Trotzdem ist das Umfeld familiärer als bei anderen Ausbildungsstellen. Marius Peters hat sogar ein Zimmer auf dem Hof bezogen, um nicht täglich zwischen Bottrop und Gelsenkirchen pendeln zu müssen. Denn um zur Berufsschule in Borken zu kommen, sitze er an ein bis zwei Tagen in der Woche schon lange genug im Auto.

Gute Perspektiven nach der Ausbildung

„Ohne Führerschein kann man heute keine landwirtschaftliche Ausbildung machen“, bedauert Klaus Drießen. Die Wege zur nächsten Fachschule würden immer länger.
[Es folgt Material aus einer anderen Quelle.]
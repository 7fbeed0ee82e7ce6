//! Openings of areas and of disks, with each answer by hand.

ghost use Rattle.std.specs.Prelude.{◌<◌};

use super::expected::{all, alone, assert_front, assert_length, assert_numbers, assert_same};
use super::samples::{area, behind, changed, cut, put_at, snapshot};
use rr_disk::{Area, Disk, FailingDisk, MemDisk};
use rr_frame::{Version, decode_group};
use rr_journal::{Image, Journal, Opening, Progress, read_image};
use rr_types::{
    Command, Estimate, Fact, Group, Instance, Name, NodeId, Nodes, Op, Promise, Refusal, RequestNo,
    Round, Value,
};
use std::alloc::Global;
use std::process::Abort;

/// What two areas mean to node 0 of 1.
pub fn opened(alloc: Global, first: &[u8], second: &[u8]) -> Result<Image, Refusal> {
    let nodes = Nodes::new(1)?;
    let node = NodeId::new(nodes, 0).ok_or(Refusal::BadNodes)?;
    read_image(alloc, nodes, node, first, second)
}

/// The number of facts and the place of the last gate of area 0, where it is active.
fn facts(alloc: Global, first: &[u8]) -> Option<(u64, u64)> {
    match opened(alloc, first, &[]) {
        Ok(Image::Active(Area::First, content)) => Some((content.next(), content.gate())),
        _ => None,
    }
}

fn is_damaged(alloc: Global, first: &[u8], offset: u64) -> bool {
    match opened(alloc, first, &[]) {
        Err(
            Refusal::Damaged {
                area,
                offset: found,
            },
        ) => area == 0 && found == offset,
        _ => false,
    }
}

/// Asserts that area 0 is damaged at this offset.
fn assert_damaged(rt: &impl Abort, alloc: Global, first: &[u8], offset: u64) {
    assert!(rt;
        is_damaged(alloc, first, offset),
        "an area without damage at {offset}"
    );
}

/// Asserts that area 0 is active, with this number of facts and this place of its last gate.
fn assert_facts(rt: &impl Abort, alloc: Global, first: &[u8], wanted: (u64, u64)) {
    assert_eq!(rt; facts(alloc, first), Some(wanted));
}

#[test]
fn areas_cut_short(rt: HostRuntime) {
    assert_facts(&rt, rt.alloc(), area(), (4, 192));
    assert_damaged(&rt, rt.alloc(), cut(area(), 155), 114);
    for length in 156..193 {
        assert_damaged(&rt, rt.alloc(), cut(area(), length), 155);
    }
}

#[test]
fn areas_with_one_byte_damaged(rt: HostRuntime) {
    let alloc = rt.alloc();
    for (place, value, offset) in [
        (159, 33, 155),
        (167, 4, 155),
        (170, 5, 155),
        (6, 2, 0),
        (5, 3, 0),
    ] {
        let bytes = changed(&rt, alloc, area(), place, value);
        assert_damaged(&rt, alloc, &bytes, offset);
    }
}

#[test]
fn areas_with_one_gate_closed(rt: HostRuntime) {
    let alloc = rt.alloc();
    let bytes = changed(&rt, alloc, area(), 28, 0xA4);
    assert_facts(&rt, alloc, &bytes, (0, 28));
    let bytes = changed(&rt, alloc, area(), 0, 0);
    assert!(rt; matches!(opened(alloc, &bytes, &[]), Ok(Image::Unformatted)));
    let bytes = changed(&rt, alloc, area(), 155, 0);
    for length in 156..194 {
        assert_facts(&rt, alloc, cut(&bytes, length), (3, 155));
    }
}

/// Whether two areas are broken at the first byte of one of them.
fn is_broken(alloc: Global, first: &[u8], second: &[u8], broken: u8) -> bool {
    match opened(alloc, first, second) {
        Err(Refusal::Damaged { area, offset: 0 }) => area == broken,
        _ => false,
    }
}

/// Asserts that two areas are broken at the first byte of this one.
fn assert_broken(rt: &impl Abort, alloc: Global, first: &[u8], second: &[u8], broken: u8) {
    assert!(rt;
        is_broken(alloc, first, second, broken),
        "area {broken} isn't broken"
    );
}

/// Asserts that area 1 is active, with epoch 2.
fn assert_second(rt: &impl Abort, alloc: Global, first: &[u8], second: &[u8]) {
    match opened(alloc, first, second) {
        Ok(Image::Active(Area::Second, content)) => assert_eq!(rt; content.epoch(), 2),
        _ => assert!(rt; false, "area 1 isn't active"),
    }
}

/// Two formatted areas of one epoch; an area of a later epoch, of which the other's first frame alone counts.
#[test]
fn two_areas(rt: HostRuntime) {
    let alloc = rt.alloc();
    assert_broken(&rt, alloc, area(), area(), 1);
    let later = changed(&rt, alloc, area(), 15, 2);
    assert_second(&rt, alloc, cut(area(), 100), &later);
    // The other area may be of version 1.
    let old = changed(&rt, alloc, area(), 5, 1);
    assert_second(&rt, alloc, &old, &later);
    let other = changed(&rt, alloc, &later, 6, 1);
    assert_broken(&rt, alloc, area(), &other, 1);
    assert_broken(&rt, alloc, &other, &other, 0);
}

/// Asserts that an area of version 1 is active, with epoch 1 and four facts.
fn assert_outdated(rt: &impl Abort, alloc: Global, first: &[u8], second: &[u8], active: Area) {
    match opened(alloc, first, second) {
        Ok(Image::Outdated(area, content)) => {
            assert!(rt; area == active, "the other area is active");
            assert_eq!(rt;
                (content.epoch(), content.next(), content.gate()),
                (1, 4, 192)
            );
        }
        _ => assert!(rt; false, "another image"),
    }
}

/// An active area of version 1 is read within its own limits, and told from one of version 2.
#[test]
fn areas_of_version_1(rt: HostRuntime) {
    let alloc = rt.alloc();
    let old = changed(&rt, alloc, area(), 5, 1);
    assert_outdated(&rt, alloc, &old, &[], Area::First);
    assert_outdated(&rt, alloc, &[0], &old, Area::Second);
    assert_damaged(&rt, alloc, cut(&old, 191), 155);
    // Version 2 alone has instance 65,536.
    let far = changed(&rt, alloc, area(), 45, 1);
    assert_damaged(&rt, alloc, &far, 73);
    let far = changed(&rt, alloc, &far, 5, 1);
    assert_damaged(&rt, alloc, &far, 28);
}

/// A group of one fact, the first of `AREA`: the node enters round 1 of instance 0 with `7.1 claim a x`.
fn entered(rt: &impl Abort, alloc: Global) -> Group {
    decode_group(alloc, Version::Two, behind(cut(area(), 73), 33)).expect(rt, "a group")
}

/// The disk behind a flush of that group over an empty one, which opens with no facts.
fn flushed(rt: &impl Abort, alloc: Global, nodes: Nodes, node: NodeId) -> MemDisk
    requires { node < nodes }
{
    let opening = Journal::open(alloc, nodes, node, MemDisk::new(alloc));
    let (mut journal, opened) = opening.expect(rt, "an opening");
    assert_eq!(rt;
        (
            journal.facts(),
            opened.next(),
            opened.promise().entries().len()
        ),
        (0, 0, 0)
    );
    let begun = journal.begin(alloc, entered(rt, alloc));
    let job = begun.expect(rt, "a flush");
    let job = job.step(&mut journal).expect(rt, "a write");
    let job = job.step(&mut journal).expect(rt, "a sync");
    let job = job.step(&mut journal).expect(rt, "a write");
    let synced = job.step(&mut journal).expect(rt, "a sync");
    assert_eq!(rt; (synced.into_group().serial(), journal.facts()), (0, 1));
    journal.into_disk()
}

/// Asserts that a promise is to be in round 1 of instance 0, with stamp 0.
fn assert_entered(rt: &impl Abort, promise: &Promise) {
    match promise.entries() {
        [entry] => match entry.open() {
            Some(open) => {
                assert_eq!(rt;
                    (entry.instance.number(), open.round().number(), open.stamp()),
                    (0, 1, 0)
                );
            }
            None => rt.panic("a decision"),
        },
        _ => assert!(rt; false, "another promise"),
    }
}

/// A fact that a flush wrote is there when the disk is opened again.
#[test]
fn a_disk_is_opened_twice(rt: HostRuntime) {
    let alloc = rt.alloc();
    let (nodes, node) = alone(&rt);
    let disk = flushed(&rt, alloc, nodes, node);
    let (journal, opened) = Journal::open(alloc, nodes, node, disk).expect(&rt, "an opening");
    assert_numbers(&rt, (journal.facts(), opened.next()), (1, 1), "facts");
    assert_eq!(rt; (opened.nodes().count(), opened.node().index()), (1, 0));
    assert_entered(&rt, opened.promise());
    // The frames of `AREA` up to its first group, and a closed gate behind it.
    assert_front(&rt, alloc, &mut journal.into_disk(), cut(area(), 73));
}

/// The opening behind a device call that isn't its last.
pub fn more<D: Disk + Drop>(rt: &impl Abort, alloc: Global, opening: Opening<D>) -> Opening<D>
    requires { opening.node < opening.nodes }
    ensures { result.node < result.nodes }
{
    match opening.step(alloc) {
        Ok(Progress::More(next)) => next,
        Ok(Progress::Done(_, _)) => rt.panic("a call more"),
        Err((_, _)) => rt.panic("a call without a fault"),
    }
}

/// The empty disk that an opening hands back, as its first sync failed.
fn handed_back(rt: &impl Abort, alloc: Global, nodes: Nodes, node: NodeId) -> FailingDisk<MemDisk>
    requires { node < nodes }
{
    let mut disk = FailingDisk::new(MemDisk::new(alloc));
    disk.fail_next(Vec::new(alloc));
    match Journal::open(alloc, nodes, node, disk) {
        Err((Refusal::Device, disk)) => disk,
        _ => rt.panic("an opening whose sync failed"),
    }
}

/// A refused opening hands the disk back, which can be opened then: an empty one by nine device calls.
#[test]
fn a_refused_opening_is_repeated(rt: HostRuntime) {
    let alloc = rt.alloc();
    let (nodes, node) = alone(&rt);
    let disk = handed_back(&rt, alloc, nodes, node);
    assert_length(&rt, disk.below(), Area::First, 0);
    let opening = after(&rt, alloc, Opening::start(nodes, node, disk), 8);
    let (journal, opened) = opening.finish(alloc).expect(&rt, "an opening");
    assert_eq!(rt; (opened.next(), opened.promise().entries().len()), (0, 0));
    assert_front(&rt, alloc, &mut journal.into_disk(), cut(area(), 28));
}

/// The disk of node 0 of 1 with `AREA` in version 1, and these bytes beside it.
fn old_disk(rt: &impl Abort, alloc: Global, second: &[u8]) -> MemDisk {
    let first = changed(rt, alloc, area(), 5, 1);
    MemDisk::with_areas(alloc, &first, second).expect(rt, "memory")
}

/// Asserts that a disk holds the four facts in both areas: in version 1, and behind the snapshot of version 2.
fn assert_migrated(rt: &impl Abort, alloc: Global, disk: MemDisk) {
    let mut disk = disk;
    let first = all(rt, alloc, &mut disk, Area::First);
    assert_same(rt, &first, &changed(rt, alloc, area(), 5, 1), "area 0");
    let second = all(rt, alloc, &mut disk, Area::Second);
    assert_same(rt, cut(&second, 51), snapshot(), "area 1");
}

/// The disk behind an opening of this one whose last device call comes behind `before` others, with four facts in epoch 2.
fn of_four(rt: &impl Abort, alloc: Global, disk: MemDisk, before: usize) -> MemDisk {
    let (nodes, node) = alone(rt);
    let opening = Opening::start(nodes, node, disk);
    let journal = last(rt, alloc, after(rt, alloc, opening, before));
    let found = (journal.facts(), journal.epoch());
    assert_numbers(rt, found, (4, 2), "facts and epoch");
    assert!(rt; matches!(journal.area(), Area::Second), "area 0");
    journal.into_disk()
}

/// An opening of such a disk ends with its last device call, and the disk is opened again by three.
fn migrates(rt: &impl Abort, alloc: Global, second: &[u8], before: usize) {
    let disk = of_four(rt, alloc, old_disk(rt, alloc, second), before);
    assert_migrated(rt, alloc, of_four(rt, alloc, disk, 2));
}

/// The opening after `calls` more device calls, none of which is its last.
pub fn after<D: Disk + Drop>(
    rt: &impl Abort,
    alloc: Global,
    opening: Opening<D>,
    calls: usize,
) -> Opening<D>
    requires { opening.node < opening.nodes }
    ensures { result.node < result.nodes }
{
    let mut opening = opening;
    for _ in 0..calls {
        opening = more(rt, alloc, opening);
    }
    opening
}

/// The journal behind the last device call of an opening.
fn last<D: Disk + Drop>(rt: &impl Abort, alloc: Global, opening: Opening<D>) -> Journal<D>
    requires { opening.node < opening.nodes }
{
    match opening.step(alloc) {
        Ok(Progress::Done(journal, opened)) => {
            assert_eq!(rt; (opened.next(), opened.promise().entries().len()), (4, 1));
            journal
        }
        Ok(Progress::More(_)) => rt.panic("a call less"),
        Err((_, _)) => rt.panic("a call without a fault"),
    }
}

/// By three device calls and four where the other area begins with a closed gate; else by three and six.
#[test]
fn a_disk_of_version_1_is_migrated(rt: HostRuntime) {
    let alloc = rt.alloc();
    migrates(&rt, alloc, &[], 8);
    migrates(&rt, alloc, &[0xA5], 8);
    migrates(&rt, alloc, &[0], 6);
    migrates(&rt, alloc, &[0; 200], 6);
}

/// The disk of version 1 behind an opening whose call behind `before` others failed.
fn failed(rt: &impl Abort, alloc: Global, before: usize) -> FailingDisk<MemDisk> {
    let (nodes, node) = alone(rt);
    let disk = FailingDisk::new(old_disk(rt, alloc, &[]));
    let opening = after(rt, alloc, Opening::start(nodes, node, disk), before);
    opening.fail(alloc, [0xA5].to_vec(alloc).expect(rt, "memory"))
}

/// Where a call of it fails, whatever that leaves, the next opening finds the same facts.
#[test]
fn a_migration_is_repeated(rt: HostRuntime) {
    let alloc = rt.alloc();
    for before in 0..9 {
        let (nodes, node) = alone(&rt);
        let disk = failed(&rt, alloc, before);
        let (journal, opened) = Journal::open(alloc, nodes, node, disk).expect(&rt, "an opening");
        let found = (journal.facts(), journal.epoch());
        assert_numbers(&rt, found, (4, 2), "facts and epoch");
        let entries = opened.promise().entries().len() as u64;
        assert_numbers(&rt, (opened.next(), entries), (4, 1), "the promise");
    }
}

/// `AREA` in version 1 and in the last epoch.
fn of_last_epoch(rt: &impl Abort, alloc: Global) -> Vec<u8> {
    let mut first = changed(rt, alloc, area(), 5, 1);
    for place in 8..16 {
        put_at(&mut first, place, 0xFF);
    }
    first
}

/// Without a next epoch it is refused, and nothing is written.
#[test]
fn the_last_epoch_has_no_migration(rt: HostRuntime) {
    let alloc = rt.alloc();
    let (nodes, node) = alone(&rt);
    let first = of_last_epoch(&rt, alloc);
    let disk = MemDisk::with_areas(alloc, &first, &[]).expect(&rt, "memory");
    match Journal::open(alloc, nodes, node, disk) {
        Err((Refusal::TooLarge, disk)) => {
            let mut disk = disk;
            let bytes = all(&rt, alloc, &mut disk, Area::First);
            assert_same(&rt, &bytes, &first, "area 0");
            assert_length(&rt, &disk, Area::Second, 0);
        }
        _ => rt.panic("a migration without an epoch"),
    }
}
So muss der 16-jährige Marius Gerkensmeier, der noch keinen Pkw-Führerschein hat, mit dem Kraftrad bis nach Lüdinghausen fahren.

Unannehmlichkeiten, die der junge Mann gerne in Kauf nimmt, denn er hat ein klares Ziel: „Ich möchte nach der Ausbildung die Weiterbildung zum staatlich geprüften Agrarbetriebswirt machen.“ Dann, so Drießen, „kann man sich die Stelle aussuchen“. Auch, weil der Nachwuchs in der Branche weniger werde. „In den letzten Jahren ist es schwieriger geworden, Auszubildende zu finden.“ Schulabgänger wollen nämlich lieber Verkäufer werden, oder Bankkaufmann, oder Kfz-Mechatroniker.